Segundo dados da Secretaria de Estado da Saúde, o centro para tratamento de tumores sólidos e doenças hematológicas do Hospital Pequeno Príncipe é, atualmente, o maior do Paraná. A cada ano, em média, são atendidos 120 novos casos de pacientes entre 0 e 18 anos. Como eles precisam de acompanhamento por pelo menos cinco anos, as seis médicas do setor tratam cerca de 500 pacientes simultaneamente.

“Uma vez, uma mãe me disse que ter um filho com câncer é como ter uma espada pendurada acima da cabeça.”

Quando Flora chegou ao local, em 1975, a realidade era bem diferente. “Não existia a especialidade de oncologia pediátrica.” Quase todas as crianças com câncer morriam. Incentivada pelo médico e professor Eurípides Ferreira, ela decidiu ajudar. “Não consegui mais fazer clínica pediátrica, porque tinha serviço aqui. Não tinha coragem de largar as crianças”, lembra Flora, que ajudou a profissionalizar o departamento. “[Os pacientes daquela época] eram acolhidos, faziam transfusão de sangue, tomavam algum antibiótico. Tumores sólidos eram retirados e o paciente tinha alta”, lembra. Aos poucos, os tratamentos melhoraram, assim como a qualificação dos profissionais.

As trajetórias de sofrimento e o longo período de convivência com os doentes e suas famílias deixaram marcas em Flora. Há ex-pacientes que voltam ao hospital com as famílias para vê-la e mães que perderam seus filhos, mas ligam para desejar um feliz Dia do Médico. Há aquela mãe que telefonou, por anos, no dia 24 de dezembro, pois perdeu a filha perto do Natal. “Uma vez, uma mãe me disse que ter um filho com câncer é como ter uma espada pendurada acima da cabeça. Aquela imagem foi tão forte que nunca mais me saiu da cabeça. Dá uma ideia do grau de desespero”, explica a médica, como que justificando a acolhida que dá a todas as famílias.
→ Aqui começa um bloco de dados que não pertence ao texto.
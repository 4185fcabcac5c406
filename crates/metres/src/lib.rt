// Into f64 and out of it: metres and z from whole numbers, and whole numbers from metres, with m0 and the rounding in whole numbers.
#![tactic(auto)]

ghost use Rattle.std.specs.Prelude.{◌≡◌, ◌+◌, ◌-◌, ◌*◌, ◌/◌, ◌^◌, ◌≤◌, ◌<◌, nat_abs};
ghost use Rattle.std.specs.Float.Ieee.Nearest.{closest};
ghost use Rattle.rules.specs.Polynomial.{double_unit};
ghost use Rattle.double.specs.Value.{value, Number};
ghost use Rattle.metres.specs.Metres.{metres_of, argument_of, arguments_of};
ghost use Rattle.metres.specs.Millimetres.{truncated, nearest_millimetres, Fits, in_millimetres};

use double::Pair;

// n whole multiples of 2^-30 m, in metres: exactly.
pub fn metres(n: i64) -> f64
    requires { nat_abs n < 2 ^ 53 }
    ensures { result ≡ metres_of n }
{
    (n as f64) * 0.000000000931322574615478515625
}

// A part of z, from n whole multiples of 2^-30 m.
pub fn argument(n: i64) -> f64
    requires { nat_abs n < 2 ^ 53 }
    ensures { result ≡ argument_of n }
{
    metres(n) * 0.000002
}

// z, from both parts.
pub fn arguments(north: i64, east: i64) -> Pair
    requires { (nat_abs north < 2 ^ 53) × (nat_abs east < 2 ^ 53) }
    ensures { result ≡ arguments_of north east }
{
    Pair {
        re: argument(north),
        im: argument(east),
    }
}

// digits * 2^up units of 2^-1074, in whole ones, gone down. By the bits, as in `scaled`: the library has nothing that says what digits a double has.
fn shifted(digits: u64, up: u64) -> u64
    requires { (digits < 2 ^ 53) × (up < 1086) × (digits * 2 ^ up < 2 ^ 64 * double_unit) }
    ensures { result ≡ digits * 2 ^ up / double_unit }
{
    if up >= 1074 {
        return digits << (up - 1074);
    }
    let down = 1074 - up;
    if down > 63 {
        return 0;
    }
    digits >> down
}

// The size of x in whole multiples of 2^-k, gone down.
pub fn scaled(x: f64, k: u64) -> u64
    requires { Number x × (k ≤ 60) × (nat_abs (value x) * 2 ^ k < 2 ^ 64 * double_unit) }
    ensures { result ≡ truncated k (value x) }
{
    let bits = f64::to_bits(x);
    let field = bits % 9223372036854775808 / 4503599627370496;
    if field == 0 {
        return 0;
    }
    shifted(bits % 4503599627370496 + 4503599627370496, field - 1 + k)
}

// above - q - r / d to the nearest whole number, at a tie the even one. One test and no more, because the compiler can then do without a jump, which for a rounding
// would go wrong every other time.
fn rounded(above: u64, q: u64, r: u64, d: u64) -> u64
    requires { (r < d) × (q * d + r ≤ above * d) × (d < 2 ^ 63) }
    ensures { result ≡ closest (above * d - (q * d + r)) d }
{
    let n = above - q;
    if d - r < r + n % 2 {
        return n - 1;
    }
    n
}

// x whole multiples of 2^-20 m, times m0 = 1 - short / (1000 * per), in whole millimetres: the nearest, at a tie the even one.
// The 1000 * per - short parts of x itself would not fit 64 bits, so the short part is taken off.
pub fn millimetres(x: u64, short: u64, per: u64) -> u64
    requires { Fits x short per }
    ensures { result ≡ nearest_millimetres x short per }
{
    let thousands = x * 1000;
    let divisor = per * 1048576;
    let less = x * short + (1048576 - thousands % 1048576) * per;
    rounded(
        thousands / 1048576 + 1,
        less / divisor,
        less % divisor,
        divisor,
    )
}

// p metres times m0, in whole millimetres, with the sign of p. `per` is a parameter, although the projection has 1000 alone: the promise is of every m0 that `Fits`.
pub fn millimetres_of(p: f64, short: u64, per: u64) -> i64
    requires { Number p × (nat_abs (value p) < 2 ^ 44 * double_unit) × Fits (truncated 20 (value p)) short per }
    ensures { result ≡ in_millimetres (value p) short per }
{
    let n = millimetres(scaled(p, 20), short, per);
    if p.is_sign_negative() {
        0 - (n as i64)
    } else {
        n as i64
    }
}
Mãe de três filhos, Flora lembra que, quando faziam cinco anos, ela os trazia para passar um dia no hospital. “Eles aprenderam de um jeito dolorido que a mãe deles tinha que cuidar dos nenéns dodóis”, resume. Ao avaliar sua trajetória, o sentimento de gratidão é o que persiste: “Não posso reclamar nem um tiquinho da minha vida, porque, do que eu vejo aqui dentro, sou a pessoa mais abençoada do mundo”.